Plus de décès que de naissances : pour la première fois en France depuis 1945, le solde démographique est négatif

La crise démographique s’accentue en France. D’après les données publiées par l’Insee, le nombre de décès vient de dépasser celui des naissances. Entre juin 2024 et mai 2025, 651 000 personnes sont décédées, contre 650 000 naissances. Le solde naturel devient ainsi négatif pour la première fois depuis 1945 : une bascule symbolique et inédite depuis la Seconde Guerre mondiale.

Si ce phénomène de « bascule démographique » était attendu, sa survenue plus précoce que prévu interroge les experts. « La surprise ce n’est pas tant que ce solde naturel soit négatif, c’est le moment où il l’est devenu, soulève Chloé Tavan, cheffe de la division enquête et études démographiques de l’Insee. Quand on a fait des exercices de projection de population, le scénario central prévoyait qu’on bascule en 2035. Là, on a dix ans d’avance. »

Un signal inquiétant, à confirmer toutefois dans les mois à venir. « Une barre symbolique a été franchie mais on attend de voir les chiffres de juin 2025 qui seront publiés la semaine prochaine, nuance Chloé Tavan. Mais on rentre de toute façon dans une nouvelle période avec un solde naturel négatif qui va ne faire que s’accroître. Ce n’est que le début. »

Baisse de la fécondité, hausse de la mortalité

Derrière ce solde négatif se cache « un double effet » : une baisse des naissances et à l’inverse, une hausse des décès. « Depuis 2010, les naissances ne font quasiment que baisser, souligne Chloé Tavan. Le plus surprenant c’est la persistance de cette baisse. »

En effet, en forte chute depuis 2023 avec une baisse de 6,6 %, les naissances accusent un nouveau recul de 4 % sur les cinq premiers mois de 2025 par rapport à la même période de l’année précédente.

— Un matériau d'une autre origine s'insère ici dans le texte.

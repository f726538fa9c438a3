//! Reads the configuration of a text.
ghost use Rattle.std.specs.Prelude.{◌≡◌, ◌==◌, ◌<◌, true, false, nat_lt, length, MatchResult, Ok};
ghost use Rattle.std.specs.List.{position_or_len};
ghost use Rattle.conf_text.specs.Line.{logical_lines};
ghost use Rattle.mpm_config.specs.Reading.{config_of, settings_of, start, text_len, ConfigAndWarnings, Refuses};
ghost use Rattle.mpm_config.specs.ReadingInside.{IsAnswer};

use crate::config::Config;
use crate::draft::Draft;
use crate::fault::ConfFault;
use crate::reader::Reader;
use crate::warning::Warnings;
use conf_text::{place_of, take_line};
use std::alloc::Global;

/// The place of the first NUL, or the length where there is none.
fn nul_place(bytes: &[u8]) -> usize
    ensures { result ≡ position_or_len (λ b. b == 0) bytes.now }
{
    place_of(bytes, 0).unwrap_or(bytes.len())
}

/// The bytes as a text, where they are UTF-8 without a NUL.
fn text_of(bytes: &[u8]) -> Result<&str, ConfFault>
    ensures { MatchResult result
        (λ text. (text.now ≡ bytes.now) × (nat_lt (text_len bytes.now) (length bytes.now) ≡ false))
        (λ e. (nat_lt (text_len bytes.now) (length bytes.now) ≡ true)
        × (e ≡ ConfFault.NotText (text_len bytes.now))) }
{
    let nul = nul_place(bytes);
    match std::str::from_utf8(bytes) {
        Ok(text) => {
            if nul < bytes.len() {
                return Err(ConfFault::NotText(nul as u64));
            }
            Ok(text)
        }
        Err(e) => Err(ConfFault::NotText(nul.min(e.valid_up_to()) as u64)),
    }
}

/// Reads the lines of a text.
fn read_lines(alloc: Global, text: &str) -> Result<Draft, ConfFault>
    ensures { IsAnswer (settings_of start (logical_lines text.now)) result }
{
    let mut reader = Reader::start(alloc)?;
    let mut line = String::new(alloc);
    let mut rest = text;
    let mut number = 1;
    while !rest.is_empty() {
        let (after, count) = take_line(rest, &mut line)?;
        reader.read_line(alloc, number, line.as_str())?;
        rest = after;
        number += count;
    }
    reader.finish()
}

/// Reads a configuration. Refused are, in this order: bytes that are no text, then the first line that has
/// something wrong, then a section that is not closed. Want of memory may come at any point.
pub fn read_config(alloc: Global, text: &[u8]) -> Result<(Config, Warnings), ConfFault>
    ensures { MatchResult result
        (λ read. config_of text.now ≡ Ok (record { config = read.0; warnings = read.1 }))
        (Refuses (config_of text.now)) }
{
    let draft = read_lines(alloc, text_of(text)?)?;
    match draft.finish(alloc) {
        Ok(read) => Ok(read),
        Err(_) => Err(ConfFault::NoMemory),
    }
}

Une étude de l’Institut national d’études démographiques (Ined), publiée le 9 juillet dernier, pointe une baisse marquée des intentions de fécondité chez les jeunes adultes : « La baisse des intentions de fécondité est beaucoup plus marquée pour les jeunes adultes de moins de 30 ans : le nombre total d’enfants souhaités a diminué de 0,6 enfant en moyenne en 20 ans. Il est passé de 2,5 à 1,9 enfant souhaité pour les femmes et de 2,3 à 1,8 pour les hommes. »

En parallèle, le taux de mortalité continue de croître depuis le début des années 2000. Une évolution liée au « vieillissement des personnes nées durant du baby-boom », note encore Chloé Tavan.

Un « réarmement démographique » au point mort

Cette évolution rapproche la France de ses voisins européens : en 2023, 21 des 27 pays de l’Union européenne affichaient déjà un solde naturel négatif. Et les conséquences à moyen terme pourraient peser lourd. « Cela aura un impact économique sur notre modèle de protection sociale, en diminuant mécaniquement le nombre de cotisants », avertit encore Chloé Tavan.

Jouant de ce constat, Emmanuel Macron avait appelé, début 2024, à un « réarmement démographique » du pays. Parmi les mesures annoncées : un plan de lutte contre l’infertilité et la création d’un congé de naissance, censé relancer la natalité, plus court mais mieux rémunéré que le congé parental actuel (456 euros par mois). Mais ce congé n’a toujours pas vu le jour et ne devrait pas être discuté avant le budget 2026, selon les engagements du gouvernement.

Or, la récente étude de l’Ined alerte sur l’urgence à comprendre les raisons du non-désir d’enfants, qui appellent des réponses politiques concrètes. « La fragilité de la politique familiale liée à l’affaiblissement des modes de garde et à la faible rémunération du congé parental peuvent aussi freiner les jeunes dans leur désir d’enfant », analysait début juillet Laurent Toulemon, démographe et directeur de recherche à l’Ined, co-auteur de l’étude.

Un tel recul sur le congé de naissance risque par ailleurs d’aggraver les inégalités salariales entre les sexes. En 2022, l’Insee a évalué à 40 % la perte de revenus pour les femmes précaires cinq ans après la naissance d’un enfant, contre 25 % pour les salariées du privé. Et en 2023, 94 % des bénéficiaires du congé parental étaient des femmes.